By Karin Strohecker and David Lawder
WASHINGTON (Reuters) -Emerging economies will have to grapple with tighter global financing conditions for longer while the future of risk-free assets is very much in focus, the head of South Africa’s central bank told Reuters.
Speaking on the sidelines of the IMF and World Bank spring meetings in Washington, South African Reserve Bank Governor Lesetja Kganyago said it was too early to know the impact on global disinflation of the trade tensions triggered by U.S. President Donald Trump’s imports tariffs.
“We know … that tariffs are negative for economic growth – it’s a no-win game,” Kganyago said in an interview late on Wednesday.
“And for many of us who are from small, open economies, the impact on sentiment is such that global financing conditions remain tight or tighter for longer than what we had expected them to be.”
As part of the broad tariffs he announced in early April, Trump slapped a 31% levy on imports from South Africa.
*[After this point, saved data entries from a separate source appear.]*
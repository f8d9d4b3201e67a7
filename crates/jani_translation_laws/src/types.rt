// Laws of translated files: functions that do nothing, whose contracts are the laws.

ghost use Rattle.prism_tree.specs.Syntax.{File};
ghost use Rattle.jani_translation_laws.specs.ProfileLaws.{AutomataReadsFit, BranchesFit, NoProfileFault, OneRewardWriter, OuterReadsFit, StartsFit, ValuesGivenOnce};
ghost use Rattle.jani_translation_laws.specs.TypeLaws.{NamesAreNotTransient, NamesStayConstant, NamesTypedAlike, KindsFit, OuterTypesFit, AutomataTypesFit, AutomataWriteOnce, TypesButShared, NoClashingWrites, NoTypeFault};

/// What the new name of a constant or a variable stands for in the translated file has the type that the old name has in
/// the source. It is a variable only where the old name is one, and it is never transient. A name that is none of them
/// stands for nothing.
pub fn names_law()
    ensures types { (file : File) → NamesTypedAlike file }
    ensures constants { (file : File) → NamesStayConstant file }
    ensures transients { (file : File) → NamesAreNotTransient file }
{}

/// Outside of automata a translated file has no fault of types: each variable has a kind that it may have, and values and
/// bounds have the types that are wanted and name no variable.
pub fn outer_types_law()
    ensures kinds { (file : File) → KindsFit file }
    ensures demands { (file : File) → OuterTypesFit file }
{}

/// The demands of automata have no fault of types: guards, probabilities and what is assigned have the types that are wanted,
/// no edge assigns to a constant, and locations give values to labels and reward structures alone. In one location and in one
/// destination of an edge nothing is assigned twice.
pub fn automata_types_law()
    ensures demands { (file : File) → AutomataTypesFit file }
    ensures once { (file : File) → AutomataWriteOnce file }
{}

/// Each transient variable of a translated file begins with false or 0, the locations of one automaton alone give values,
/// and outside of automata no transient variable is read.
pub fn outer_profile_law()
    ensures starts { (file : File) → StartsFit file }
    ensures given { (file : File) → ValuesGivenOnce file }
    ensures reads { (file : File) → OuterReadsFit file }
{}

/// In the automata of a translated file no transient variable is read and no edge assigns to a label, and the destinations
/// of an edge assign the same rewards. Of each vector one participant alone assigns rewards.
pub fn automata_profile_law()
    ensures reads { (file : File) → AutomataReadsFit file }
    ensures branches { (file : File) → BranchesFit file }
    ensures writer { (file : File) → OneRewardWriter file }
{}

/// So a translated file has no fault of types but where two participants of a vector assign one variable. No two do, so it
/// has no fault of types at all, and none of the profile.
pub fn sound_translation_law()
    ensures types { (file : File) → TypesButShared file }
    ensures shared { (file : File) → NoClashingWrites file }
    ensures sound { (file : File) → NoTypeFault file }
    ensures profile { (file : File) → NoProfileFault file }
{}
Many of the higher U.S. levies on dozens of countries have been put on hold.
The back and forth on tariffs also rocked U.S. Treasury markets, which form the bedrock of global fixed income markets and a baseline for global borrowing costs.
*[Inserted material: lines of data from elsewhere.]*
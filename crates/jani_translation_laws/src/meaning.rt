// Laws of files without faults: functions that do nothing, whose contracts are the laws.

ghost use Rattle.prism_tree.specs.Syntax.{File};
ghost use Rattle.jani_translation_laws.specs.MeaningLaws.{FlatCommandsAreSound, FlatConditionIsSound, FlatIsSound, FlatItemsAreSound, FlatMarksAreSound};
ghost use Rattle.jani_translation_laws.specs.SameMeaning.{TranslationMeansTheSame};

/// Where a valuation gives each constant without an expression a value of its type, or none, the expressions of constants,
/// bounds and first values have their operands, and no `<=>` of them stands between two numbers.
pub fn sound_under_law()
    ensures sound { (file : File) → FlatIsSound file }
{}

/// So at each state are the initial condition and the expressions of commands, labels and items. There is a value for each variable, what commands write
/// are variables, there is a module, and no guard of an item is a number.
pub fn sound_at_states_law()
    ensures condition { (file : File) → FlatConditionIsSound file }
    ensures commands { (file : File) → FlatCommandsAreSound file }
    ensures marks { (file : File) → FlatMarksAreSound file }
    ensures items { (file : File) → FlatItemsAreSound file }
{}

/// A file without faults and what it is translated to, its formulas and copies written out, mean the same process under
/// valuations that give the constants the same values, of their types: they have the same instance faults; and without any
/// the states go one to one onto each other, with the same marks, and each choice occurs equally often, its label's name new,
/// with the same probabilities, rewards and targets, or the same kinds of faults. Places mean nothing.
pub fn same_meaning_law()
    ensures { TranslationMeansTheSame }
{}
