// Laws of names: functions that do nothing, whose contracts are the laws.

ghost use Rattle.prism_tree.specs.Syntax.{File};
ghost use Rattle.jani_translation_laws.specs.NameLaws.{NoCircles, NoCompositionFaults, NoDoubledNames, NoNameFaults, NoUnknownNames, TranslatedHasForm};

/// Where a file has no fault and is written out, its translation has the form of trees.
pub fn form_law()
    ensures { (file : File) → TranslatedHasForm file }
{}

/// The names of a translated file that have to differ do.
pub fn doubled_law()
    ensures { (file : File) → NoDoubledNames file }
{}

/// Where a file has no fault and is written out, every name that its translation uses is declared.
pub fn unknown_law()
    ensures { (file : File) → NoUnknownNames file }
{}

/// Where a file has no fault and is written out, no constant of its translation depends on itself.
pub fn circles_law()
    ensures { (file : File) → NoCircles file }
{}

/// Where a file has no fault and is written out, the composition of its translation has no fault. So its translation has no
/// fault of names.
pub fn composition_law()
    ensures composition { (file : File) → NoCompositionFaults file }
    ensures names { (file : File) → NoNameFaults file }
{}
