//! What holds of the JANI file that a PRISM file without faults, its formulas and copies written out, is translated to: its form and
//! names, its types and the profile, and that it means the same. All of it stands in `specs/`; the functions here are its laws.
#![tactic(auto)]

mod meaning;
mod names;
mod types;

pub use meaning::{same_meaning_law, sound_at_states_law, sound_under_law};
pub use names::{circles_law, composition_law, doubled_law, form_law, unknown_law};
pub use types::{
    automata_profile_law, automata_types_law, names_law, outer_profile_law, outer_types_law,
    sound_translation_law,
};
“If financial conditions tighten … then countries that are having external financing needs would have to meet those financing needs at higher cost, and that has got implications for capital flows, which would then have implications for exchange rates,” Kganyago said.
The future of risk-free assets, which traditionally include U.S. government bonds and the dollar, was one of the main issues at the meetings in Washington this week, he said.
“One of the puzzles of the past few weeks had been risk-free assets being sold and the dollar depreciating,” he said.
It was asked whether this was a structural break or simply people having too much cash riding on risk-free assets, he said.
“It’s too early to tell and we can’t quite say what the impact would be, but previous correlations that we knew had been that when you have got this amount of uncertainty, people run to the safe haven of the safe assets, and the safe assets behaved differently.”